[About this exercise] Starting at the line that contains "let first = first_place(&self.places, routine, self.all.len());", repeat each line exactly until the records end, keeping both the first and the last.

Stored entries:
- Opening Delimiter -

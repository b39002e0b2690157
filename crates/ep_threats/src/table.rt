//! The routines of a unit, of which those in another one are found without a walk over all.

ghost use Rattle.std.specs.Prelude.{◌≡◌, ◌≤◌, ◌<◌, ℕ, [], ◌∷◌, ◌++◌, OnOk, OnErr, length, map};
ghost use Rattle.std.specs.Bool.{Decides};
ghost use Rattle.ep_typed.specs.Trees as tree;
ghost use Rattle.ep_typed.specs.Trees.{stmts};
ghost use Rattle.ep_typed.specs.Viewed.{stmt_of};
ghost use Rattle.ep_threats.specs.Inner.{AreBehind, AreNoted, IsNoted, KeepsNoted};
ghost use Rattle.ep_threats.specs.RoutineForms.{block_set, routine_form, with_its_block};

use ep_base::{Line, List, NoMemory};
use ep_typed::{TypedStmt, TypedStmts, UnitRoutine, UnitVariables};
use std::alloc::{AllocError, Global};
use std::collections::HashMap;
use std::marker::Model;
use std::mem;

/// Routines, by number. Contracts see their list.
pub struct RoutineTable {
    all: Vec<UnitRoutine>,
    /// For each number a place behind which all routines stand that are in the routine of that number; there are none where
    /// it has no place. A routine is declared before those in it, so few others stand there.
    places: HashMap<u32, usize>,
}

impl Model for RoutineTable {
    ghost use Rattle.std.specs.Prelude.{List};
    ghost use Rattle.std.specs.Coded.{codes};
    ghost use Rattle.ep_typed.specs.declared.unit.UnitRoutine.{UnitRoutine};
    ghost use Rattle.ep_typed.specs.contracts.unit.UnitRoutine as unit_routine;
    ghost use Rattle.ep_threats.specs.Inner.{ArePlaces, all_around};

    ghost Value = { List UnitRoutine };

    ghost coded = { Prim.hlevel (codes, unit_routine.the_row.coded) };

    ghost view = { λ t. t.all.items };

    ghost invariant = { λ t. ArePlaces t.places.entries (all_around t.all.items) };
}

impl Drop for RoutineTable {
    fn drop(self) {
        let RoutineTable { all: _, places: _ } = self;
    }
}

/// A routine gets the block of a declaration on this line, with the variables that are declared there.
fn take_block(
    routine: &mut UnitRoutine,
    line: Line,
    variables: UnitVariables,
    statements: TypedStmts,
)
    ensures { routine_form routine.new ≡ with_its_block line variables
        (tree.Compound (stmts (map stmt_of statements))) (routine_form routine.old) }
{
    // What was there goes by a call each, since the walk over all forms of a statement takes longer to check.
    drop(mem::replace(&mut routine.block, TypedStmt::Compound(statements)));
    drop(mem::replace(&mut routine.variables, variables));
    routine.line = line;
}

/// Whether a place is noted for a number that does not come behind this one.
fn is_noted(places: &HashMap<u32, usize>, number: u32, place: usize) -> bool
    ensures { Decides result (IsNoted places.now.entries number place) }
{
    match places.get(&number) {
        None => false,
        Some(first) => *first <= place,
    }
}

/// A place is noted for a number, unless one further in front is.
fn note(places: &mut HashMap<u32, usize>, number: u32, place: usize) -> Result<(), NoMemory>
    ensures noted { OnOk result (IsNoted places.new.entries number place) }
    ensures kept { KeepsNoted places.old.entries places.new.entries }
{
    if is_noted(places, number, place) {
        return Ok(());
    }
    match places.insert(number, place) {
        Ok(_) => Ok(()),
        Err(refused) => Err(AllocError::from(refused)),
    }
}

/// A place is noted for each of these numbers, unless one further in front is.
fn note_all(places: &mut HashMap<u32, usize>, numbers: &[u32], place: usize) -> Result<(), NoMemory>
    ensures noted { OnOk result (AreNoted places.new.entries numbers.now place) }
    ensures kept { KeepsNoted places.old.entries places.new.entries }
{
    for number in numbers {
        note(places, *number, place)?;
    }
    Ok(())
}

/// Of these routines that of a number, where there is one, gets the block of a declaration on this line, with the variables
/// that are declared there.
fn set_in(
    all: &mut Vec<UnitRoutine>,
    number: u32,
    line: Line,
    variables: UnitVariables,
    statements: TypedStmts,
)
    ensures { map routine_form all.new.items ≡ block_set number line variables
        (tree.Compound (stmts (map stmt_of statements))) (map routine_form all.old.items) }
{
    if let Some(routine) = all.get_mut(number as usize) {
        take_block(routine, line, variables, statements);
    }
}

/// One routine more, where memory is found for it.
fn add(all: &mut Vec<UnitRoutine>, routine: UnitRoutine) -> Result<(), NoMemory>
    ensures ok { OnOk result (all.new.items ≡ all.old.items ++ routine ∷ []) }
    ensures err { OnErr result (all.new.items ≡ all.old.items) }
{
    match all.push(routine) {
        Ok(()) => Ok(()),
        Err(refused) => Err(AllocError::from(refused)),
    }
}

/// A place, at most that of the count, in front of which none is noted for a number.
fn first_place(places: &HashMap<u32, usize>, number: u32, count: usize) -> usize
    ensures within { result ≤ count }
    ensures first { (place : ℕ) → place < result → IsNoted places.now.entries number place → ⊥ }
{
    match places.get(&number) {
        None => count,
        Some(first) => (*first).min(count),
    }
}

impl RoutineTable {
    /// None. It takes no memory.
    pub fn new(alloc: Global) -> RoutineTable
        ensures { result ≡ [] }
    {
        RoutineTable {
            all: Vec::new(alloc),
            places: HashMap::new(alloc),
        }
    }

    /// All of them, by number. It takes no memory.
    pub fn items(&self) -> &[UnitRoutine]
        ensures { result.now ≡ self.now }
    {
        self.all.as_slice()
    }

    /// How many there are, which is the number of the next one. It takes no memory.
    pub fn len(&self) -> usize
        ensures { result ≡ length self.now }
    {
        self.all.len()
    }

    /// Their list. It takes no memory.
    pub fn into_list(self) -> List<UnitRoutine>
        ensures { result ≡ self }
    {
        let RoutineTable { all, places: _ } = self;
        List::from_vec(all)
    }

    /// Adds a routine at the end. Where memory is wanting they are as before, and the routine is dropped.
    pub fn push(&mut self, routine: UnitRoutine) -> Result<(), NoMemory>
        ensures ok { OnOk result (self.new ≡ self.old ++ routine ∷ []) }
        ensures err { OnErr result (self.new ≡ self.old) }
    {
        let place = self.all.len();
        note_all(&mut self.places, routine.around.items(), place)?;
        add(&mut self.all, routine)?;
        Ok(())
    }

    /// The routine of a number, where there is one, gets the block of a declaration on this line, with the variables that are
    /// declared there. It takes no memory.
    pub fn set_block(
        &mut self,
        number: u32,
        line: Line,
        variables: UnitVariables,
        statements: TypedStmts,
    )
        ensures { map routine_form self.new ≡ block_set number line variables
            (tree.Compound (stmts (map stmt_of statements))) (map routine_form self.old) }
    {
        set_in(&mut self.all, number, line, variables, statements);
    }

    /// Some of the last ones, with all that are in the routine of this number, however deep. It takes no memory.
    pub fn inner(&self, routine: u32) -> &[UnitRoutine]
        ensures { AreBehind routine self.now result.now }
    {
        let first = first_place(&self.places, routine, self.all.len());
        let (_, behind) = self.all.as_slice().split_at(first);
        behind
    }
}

- Closing Delimiter -

[Result for this task]
        let first = first_place(&self.places, routine, self.all.len());
        let (_, behind) = self.all.as_slice().split_at(first);
        behind
    }
}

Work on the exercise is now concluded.